▶ [EXTRACTED INFORMATION]:
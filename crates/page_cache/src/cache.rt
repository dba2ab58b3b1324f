//! `Cache`.
ghost use Rattle.std.specs.Prelude.{◌≡◌};

use crate::fault::CacheFault;
use crate::order::{slot_of, take_in, touch};
use crate::source::PageSource;
use arrayvec::ArrayVec;
use frame_pool::{FramePool, Sector, two_of};
use lru::LruCache;
use name_page::read_page;
use sector_disk::Machine;
use std::alloc::{AllocError, Global};
use std::marker::Model;
use std::num::NonZeroUsize;

/// The index of a frame in the pool.
pub type Frame = usize;

// The most frames that a cache has.
const MOST_FRAMES: usize = 1024;

/// As many pages as may be dirty: those of one record.
pub const MOST_DIRTY: usize = 96;

// The frame of a page, and how often the page is pinned.
#[derive(Clone, Copy)]
pub struct Slot {
    pub(crate) frame: usize,
    pub(crate) pins: u32,
}

/// Pages in memory, each in a frame of its own.
#[derive(Drop)]
pub struct Cache {
    pool: FramePool,
    order: LruCache<u32, Slot>,
    dirty: ArrayVec<u32, MOST_DIRTY>,
    // For each frame the number of pages of a table in which the grammar accepts its page,
    // or 0 where that is not known.
    accepted: [u32; MOST_FRAMES],
}

impl Model for Cache {
    ghost use Rattle.page_cache.specs.Cache.{CacheValue};

    ghost Value = { CacheValue };

    ghost use Rattle.page_cache.specs.Inside.{value_of, IsInside};

    ghost view = { value_of };

    ghost invariant = { IsInside };
}

impl Cache {
    ghost use Rattle.std.specs.Prelude.{◌<◌, ◌≤◌, ◌≢◌, ◌⊎◌, ◌+◌, ◌-◌, ◌^◌, ℕ, List, Option, Ok, Some, None, IsTrue, slice_get, IfSome, IfOk, IfErr, OnOk, OnErr, length, option_map, is_some};
    ghost use Rattle.std.specs.Borrow.{sem};
    ghost use Rattle.sector_disk.specs.Calls.{OnlyReads, device_in};
    ghost use Rattle.page_cache.specs.Cache.{held, cached_bytes, pins_of, busy, frame_for, is_among, IsResident, IsCache, KeepsNewest, no_pages, used, entered_page, with_pins, with_dirty, cleaned};
    ghost use Rattle.page_cache.specs.Accepted.{cached_content};
    ghost use Rattle.page_cache.specs.Fetch.{fetch_failed_at};
    ghost use Rattle.page_cache.specs.Fetched.{KeepsFrames, TakesIn, FetchesNone};
    ghost use Rattle.page_cache.specs.Lends.{LendsBytes, LendsCacheFrames};
    ghost use Rattle.page_cache.specs.declared.cache.TheConstants.{MOST_DIRTY};

    /// A cache of so many frames, with no page in memory.
    pub fn new(alloc: Global, frames: usize) -> Result<Cache, AllocError>
        requires enough { 192 ≤ frames }
        requires few { frames ≤ 1024 }
        ensures ok { IfOk result (λ c. c ≡ no_pages frames) }
    {
        let pool = FramePool::new(alloc, frames)?;
        let order = LruCache::new(alloc, NonZeroUsize::new(frames + 1).unwrap())?;
        Ok(Cache {
            pool,
            order,
            dirty: ArrayVec::new(),
            accepted: [0; MOST_FRAMES],
        })
    }

    /// Brings a page into memory, if it is not there, and makes it the most recently used.
    pub fn fetch<M: Machine, S: PageSource>(
        &mut self,
        m: &mut M,
        page: u32,
        source: &S,
    ) -> Result<Frame, CacheFault>
        requires page { page < S.pages source.now }
        requires sectors { S.sectors source.now ≤ (M.report m.old).sectors }
        requires room { busy self.old < self.old.frames }

        // A page in memory is used. Nothing is asked of the disk.
        ensures hit { IfSome (held self.old page) (λ h. (result ≡ Ok h.frame) × (self.new ≡ used page self.old) × (m.new ≡ m.old)) }

        // Another enters, with what the source gave.
        ensures enters { held self.old page ≡ None → IfOk result (TakesIn M.Machine S.PageSource source.now page m.old m.new self.old self.new) }
        ensures newest { OnOk result (M.honest m.new → S.knows source.now (M.now m.old) →
            KeepsNewest (S.newest source.now (M.now m.old).image) self.old self.new) }

        ensures reads { OnlyReads M.Machine (device_in fetch_failed_at result) m.old m.new }
        ensures failed { IfErr result (FetchesNone M.Machine S.PageSource source.now page m.old m.new self.old self.new) }
        ensures frames { KeepsFrames self.old self.new }
    {
        match self.hit(page) {
            Some(frame) => Ok(frame),
            None => self.bring(m, page, source),
        }
    }

    // Makes a page the most recently used, if it is in memory.
    fn hit(&mut self, page: u32) -> Option<Frame>
        ensures frame { result ≡ option_map (λ h. h.frame) (held self.old page) }
        ensures used { self.new ≡ used page self.old }
        ensures absent { held self.old page ≡ None → self.new ≡ self.old }
        ensures newest { (source : ℕ → Option (List ℕ)) → KeepsNewest source self.old self.new }
        ensures busy { busy self.new ≡ busy self.old }
    {
        touch(&mut self.order, page)
    }

    // Brings a page into memory that is not there.
    fn bring<M: Machine, S: PageSource>(
        &mut self,
        m: &mut M,
        page: u32,
        source: &S,
    ) -> Result<Frame, CacheFault>
        requires new { held self.old page ≡ None }
        requires page { page < S.pages source.now }
        requires sectors { S.sectors source.now ≤ (M.report m.old).sectors }
        requires room { busy self.old < self.old.frames }

        ensures enters { IfOk result (TakesIn M.Machine S.PageSource source.now page m.old m.new self.old self.new) }
        ensures newest { OnOk result (M.honest m.new → S.knows source.now (M.now m.old) →
            KeepsNewest (S.newest source.now (M.now m.old).image) self.old self.new) }

        ensures reads { OnlyReads M.Machine (device_in fetch_failed_at result) m.old m.new }
        ensures failed { IfErr result (FetchesNone M.Machine S.PageSource source.now page m.old m.new self.old self.new) }
        ensures frames { KeepsFrames self.old self.new }
    {
        let mut bytes = [0; 512];
        source.load(m, page, &mut bytes)?;
        Ok(self.enter(page, &bytes)?)
    }

    // Gives a page that is not in memory a frame with these bytes.
    fn enter(&mut self, page: u32, bytes: &[u8; 512]) -> Result<Frame, AllocError>
        requires new { held self.old page ≡ None }
        requires room { busy self.old < self.old.frames }
        ensures frame { IfOk result (λ frame. frame ≡ frame_for self.old) }
        ensures entered { OnOk result (self.new ≡ entered_page page bytes.now self.old) }
        ensures newest { OnOk result ((source : ℕ → Option (List ℕ)) → source page ≡ Some bytes.now → KeepsNewest source self.old self.new) }
        ensures busy { busy self.new ≡ busy self.old }
        ensures kept { OnErr result (self.new ≡ self.old) }
    {
        let frames = self.pool.len();
        let frame = take_in(&mut self.order, self.dirty.as_slice(), frames, page)?;
        self.accepted[frame] = 0;
        *self.pool.get_mut(frame) = *bytes;
        Ok(frame)
    }

    /// Keeps a page in memory, until it is unpinned as often as it is pinned.
    pub fn pin(&mut self, page: u32)
        requires few { pins_of self.old page < 2 ^ 32 - 1 }
        requires resident { IsResident self.old page }
        ensures pins { self.new ≡ with_pins page (pins_of self.old page + 1) self.old }
        ensures busy { busy self.new ≤ busy self.old + 1 }
    {
        let slot = self.order.peek_mut(&page).unwrap();
        slot.pins += 1;
    }

    /// Takes back one `pin`.
    pub fn unpin(&mut self, page: u32)
        requires pinned { 0 < pins_of self.old page }
        requires resident { IsResident self.old page }
        ensures { self.new ≡ with_pins page (pins_of self.old page - 1) self.old }
    {
        let slot = self.order.peek_mut(&page).unwrap();
        slot.pins -= 1;
    }

    /// The bytes of a page in memory.
    pub fn bytes(&self, page: u32) -> &[u8; 512]
        requires { IsResident self.now page }
        ensures { cached_bytes self.now page ≡ Some result.now }
    {
        let slot = slot_of(&self.order, page);
        self.pool.get(slot.frame)
    }

    /// Whether the grammar accepts a page in memory, in a table of so many pages. A page that was accepted is read
    /// again only when its bytes came anew or were lent to be changed, or for another number of pages.
    pub fn is_accepted(&mut self, page: u32, pages: u32) -> bool
        requires { IsResident self.old page }
        ensures accepted { result ≡ is_some (cached_content self.old pages page) }
        ensures kept { self.new ≡ self.old }
    {
        let frame = slot_of(&self.order, page).frame;
        if pages != 0 && self.accepted[frame] == pages {
            return true;
        }
        let accepted = read_page(self.pool.get(frame), page, pages).is_ok();
        if accepted {
            self.accepted[frame] = pages;
        }
        accepted
    }

    /// The bytes of a page in memory, to be changed.
    pub fn bytes_mut(&mut self, page: u32) -> &mut [u8; 512]
        requires { IsResident self.old page }
        ensures* writes_back { sem 𝓛 (LendsBytes self.entry page result) }
        ensures value { cached_bytes self.old page ≡ Some result.now }
    {
        let slot = slot_of(&self.order, page);
        self.accepted[slot.frame] = 0;
        self.pool.get_mut(slot.frame)
    }

    /// All frames side by side, to be changed. Where a page lies `fetch` has answered.
    pub fn frames_mut(&mut self) -> &mut [Sector]
        ensures* writes_back { sem 𝓛 (LendsCacheFrames self.entry result) }
        ensures count { length result.now ≡ self.old.frames }
        ensures value { (page : ℕ) → IfSome (held self.old page) (λ h. slice_get result.now h.frame ≡ Some h.bytes) }
    {
        self.accepted = [0; MOST_FRAMES];
        self.pool.frames_mut()
    }

    /// The bytes of two pages in memory at once, to be changed. A caller that needs to know what the cache is
    /// afterwards takes `two_of` of `frames_mut`.
    pub fn two_mut(&mut self, p: u32, q: u32) -> (&mut [u8; 512], &mut [u8; 512])
        requires first { IsResident self.old p }
        requires second { IsResident self.old q }
        requires apart { p ≢ q }
        ensures first { cached_bytes self.old p ≡ Some result.0.now }
        ensures second { cached_bytes self.old q ≡ Some result.1.now }
    {
        let (i, j) = (slot_of(&self.order, p).frame, slot_of(&self.order, q).frame);
        two_of(self.frames_mut(), i, j)
    }

    /// The page differs from what the source has.
    pub fn dirty(&mut self, page: u32)
        requires resident { IsResident self.old page }
        requires room { IsTrue (is_among self.old.dirty page) ⊎ (length self.old.dirty < MOST_DIRTY) }
        ensures list { self.new ≡ with_dirty page self.old }
        ensures busy { busy self.new ≤ busy self.old + 1 }
    {
        if !self.dirty.as_slice().contains(&page) {
            self.dirty.push(page);
        }
    }

    /// For the proof alone: it gives what a cache keeps.
    pub fn attest(&self)
        ensures { IsCache self.now }
    {
        let _ = &self.dirty;
    }

    /// The pages that are dirty, in the order in which they became so.
    pub fn dirty_list(&self) -> &ArrayVec<u32, MOST_DIRTY>
        ensures value { result.now.items ≡ self.now.dirty }
        ensures valid { IsCache self.now }
    {
        &self.dirty
    }

    /// No page is dirty any more. The bytes stay.
    pub fn cleaned(&mut self)
        ensures { self.new ≡ cleaned self.old }
    {
        self.dirty.clear();
    }
}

▶ [INSTRUCTIONS FOR THE TASK]: Reproduce exactly every line that sits between the start of the entries and the line bearing "pub const MOST_DIRTY: usize = 96;", counting both of those lines.

▶ [EXERCISE RESULT]:
filename crates/page_cache/src/cache.rt
repository dba2ab58b3b1324f
//! `Cache`.
ghost use Rattle.std.specs.Prelude.{◌≡◌};

use crate::fault::CacheFault;
use crate::order::{slot_of, take_in, touch};
use crate::source::PageSource;
use arrayvec::ArrayVec;
use frame_pool::{FramePool, Sector, two_of};
use lru::LruCache;
use name_page::read_page;
use sector_disk::Machine;
use std::alloc::{AllocError, Global};
use std::marker::Model;
use std::num::NonZeroUsize;

/// The index of a frame in the pool.
pub type Frame = usize;

// The most frames that a cache has.
const MOST_FRAMES: usize = 1024;

/// As many pages as may be dirty: those of one record.
pub const MOST_DIRTY: usize = 96;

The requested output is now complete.